Entries taken from a collection
※

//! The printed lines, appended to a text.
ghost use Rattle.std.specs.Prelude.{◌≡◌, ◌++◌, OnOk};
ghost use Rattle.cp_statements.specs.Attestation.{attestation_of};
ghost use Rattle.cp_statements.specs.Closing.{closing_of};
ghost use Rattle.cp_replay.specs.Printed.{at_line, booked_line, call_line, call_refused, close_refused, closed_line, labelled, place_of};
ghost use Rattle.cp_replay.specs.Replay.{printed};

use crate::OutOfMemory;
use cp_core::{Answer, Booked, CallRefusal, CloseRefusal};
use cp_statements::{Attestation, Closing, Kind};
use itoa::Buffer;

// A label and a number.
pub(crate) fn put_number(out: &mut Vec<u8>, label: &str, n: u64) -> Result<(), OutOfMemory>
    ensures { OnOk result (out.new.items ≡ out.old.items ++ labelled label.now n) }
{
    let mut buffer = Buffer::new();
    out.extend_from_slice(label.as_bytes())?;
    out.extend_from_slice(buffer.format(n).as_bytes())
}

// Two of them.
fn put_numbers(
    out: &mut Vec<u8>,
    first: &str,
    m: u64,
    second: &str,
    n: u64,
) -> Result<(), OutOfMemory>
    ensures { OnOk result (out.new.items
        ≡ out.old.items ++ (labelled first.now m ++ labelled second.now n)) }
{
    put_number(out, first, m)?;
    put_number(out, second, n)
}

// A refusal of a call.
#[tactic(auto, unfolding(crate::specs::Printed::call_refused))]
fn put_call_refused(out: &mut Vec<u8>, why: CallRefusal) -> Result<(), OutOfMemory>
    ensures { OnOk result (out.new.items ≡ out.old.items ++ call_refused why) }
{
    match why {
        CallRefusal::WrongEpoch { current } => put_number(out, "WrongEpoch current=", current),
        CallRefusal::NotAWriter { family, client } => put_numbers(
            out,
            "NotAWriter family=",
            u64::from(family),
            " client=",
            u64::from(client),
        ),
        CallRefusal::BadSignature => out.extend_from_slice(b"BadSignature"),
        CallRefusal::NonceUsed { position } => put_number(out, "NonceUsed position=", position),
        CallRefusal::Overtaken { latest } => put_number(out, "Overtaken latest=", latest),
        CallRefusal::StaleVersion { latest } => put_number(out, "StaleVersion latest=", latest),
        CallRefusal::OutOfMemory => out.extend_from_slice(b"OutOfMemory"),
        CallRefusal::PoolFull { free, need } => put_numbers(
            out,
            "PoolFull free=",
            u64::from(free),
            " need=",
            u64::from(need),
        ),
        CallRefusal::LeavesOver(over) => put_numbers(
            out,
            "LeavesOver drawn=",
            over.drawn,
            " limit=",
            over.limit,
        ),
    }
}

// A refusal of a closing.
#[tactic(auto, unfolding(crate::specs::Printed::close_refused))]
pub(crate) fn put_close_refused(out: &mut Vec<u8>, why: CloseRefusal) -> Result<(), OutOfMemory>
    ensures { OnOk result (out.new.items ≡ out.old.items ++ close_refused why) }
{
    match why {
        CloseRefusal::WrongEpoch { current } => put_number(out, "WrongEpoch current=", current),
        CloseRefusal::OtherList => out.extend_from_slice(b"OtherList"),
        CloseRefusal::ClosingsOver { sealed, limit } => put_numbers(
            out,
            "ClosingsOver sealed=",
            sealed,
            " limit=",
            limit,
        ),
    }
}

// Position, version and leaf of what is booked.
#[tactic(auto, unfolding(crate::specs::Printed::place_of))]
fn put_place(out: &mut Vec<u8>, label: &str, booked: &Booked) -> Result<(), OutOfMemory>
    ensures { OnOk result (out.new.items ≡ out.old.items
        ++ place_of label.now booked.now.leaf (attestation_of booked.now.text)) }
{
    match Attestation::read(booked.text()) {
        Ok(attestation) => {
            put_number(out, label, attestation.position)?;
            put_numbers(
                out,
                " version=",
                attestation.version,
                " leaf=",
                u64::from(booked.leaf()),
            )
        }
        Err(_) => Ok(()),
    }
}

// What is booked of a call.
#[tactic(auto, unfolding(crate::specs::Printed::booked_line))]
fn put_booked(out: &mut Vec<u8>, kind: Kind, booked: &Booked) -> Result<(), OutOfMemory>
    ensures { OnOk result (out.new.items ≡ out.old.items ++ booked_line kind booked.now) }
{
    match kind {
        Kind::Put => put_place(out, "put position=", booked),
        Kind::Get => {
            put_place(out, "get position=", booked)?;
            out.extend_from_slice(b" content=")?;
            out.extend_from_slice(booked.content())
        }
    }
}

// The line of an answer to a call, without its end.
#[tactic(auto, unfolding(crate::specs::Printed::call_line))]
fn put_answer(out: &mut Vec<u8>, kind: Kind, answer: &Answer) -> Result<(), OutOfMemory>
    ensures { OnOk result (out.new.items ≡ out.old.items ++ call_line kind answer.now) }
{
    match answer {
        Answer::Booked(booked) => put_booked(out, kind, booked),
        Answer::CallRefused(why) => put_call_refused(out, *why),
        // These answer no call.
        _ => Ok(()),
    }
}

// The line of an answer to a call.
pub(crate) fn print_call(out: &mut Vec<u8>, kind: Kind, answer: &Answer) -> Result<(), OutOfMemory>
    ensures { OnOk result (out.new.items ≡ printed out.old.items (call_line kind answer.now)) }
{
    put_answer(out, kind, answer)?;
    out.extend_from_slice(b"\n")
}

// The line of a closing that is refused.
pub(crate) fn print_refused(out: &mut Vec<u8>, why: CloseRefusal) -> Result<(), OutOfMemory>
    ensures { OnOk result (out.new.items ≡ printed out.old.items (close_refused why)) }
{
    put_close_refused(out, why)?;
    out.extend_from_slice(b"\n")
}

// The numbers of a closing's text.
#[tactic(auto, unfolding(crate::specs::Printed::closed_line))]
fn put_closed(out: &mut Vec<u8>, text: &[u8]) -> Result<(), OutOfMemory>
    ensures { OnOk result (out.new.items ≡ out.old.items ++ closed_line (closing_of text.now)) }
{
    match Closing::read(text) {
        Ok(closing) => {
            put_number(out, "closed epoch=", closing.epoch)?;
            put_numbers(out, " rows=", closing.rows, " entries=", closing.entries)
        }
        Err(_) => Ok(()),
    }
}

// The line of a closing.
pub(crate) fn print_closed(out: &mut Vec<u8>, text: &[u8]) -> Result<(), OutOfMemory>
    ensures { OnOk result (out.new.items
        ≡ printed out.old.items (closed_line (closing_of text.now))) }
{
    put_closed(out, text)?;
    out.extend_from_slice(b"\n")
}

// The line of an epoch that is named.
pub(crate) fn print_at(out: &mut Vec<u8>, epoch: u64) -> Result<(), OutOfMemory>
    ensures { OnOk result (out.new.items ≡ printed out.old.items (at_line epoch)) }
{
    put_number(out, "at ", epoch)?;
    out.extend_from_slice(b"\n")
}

※

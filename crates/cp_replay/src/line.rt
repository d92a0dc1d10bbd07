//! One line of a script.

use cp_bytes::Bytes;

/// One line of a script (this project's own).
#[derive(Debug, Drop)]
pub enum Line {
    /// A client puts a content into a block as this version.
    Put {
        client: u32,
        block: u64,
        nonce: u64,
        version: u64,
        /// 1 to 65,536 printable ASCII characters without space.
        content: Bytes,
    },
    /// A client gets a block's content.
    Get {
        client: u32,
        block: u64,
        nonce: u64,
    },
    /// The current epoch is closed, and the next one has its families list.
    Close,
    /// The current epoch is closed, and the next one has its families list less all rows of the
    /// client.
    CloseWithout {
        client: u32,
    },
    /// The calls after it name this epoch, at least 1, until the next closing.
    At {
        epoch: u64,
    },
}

※

# What to work on
When a line of the records holds the word "client", copy that line.

# Solution below
        CallRefusal::NotAWriter { family, client } => put_numbers(
            " client=",
            u64::from(client),
    /// A client puts a content into a block as this version.
        client: u32,
    /// A client gets a block's content.
        client: u32,
    /// client.
        client: u32,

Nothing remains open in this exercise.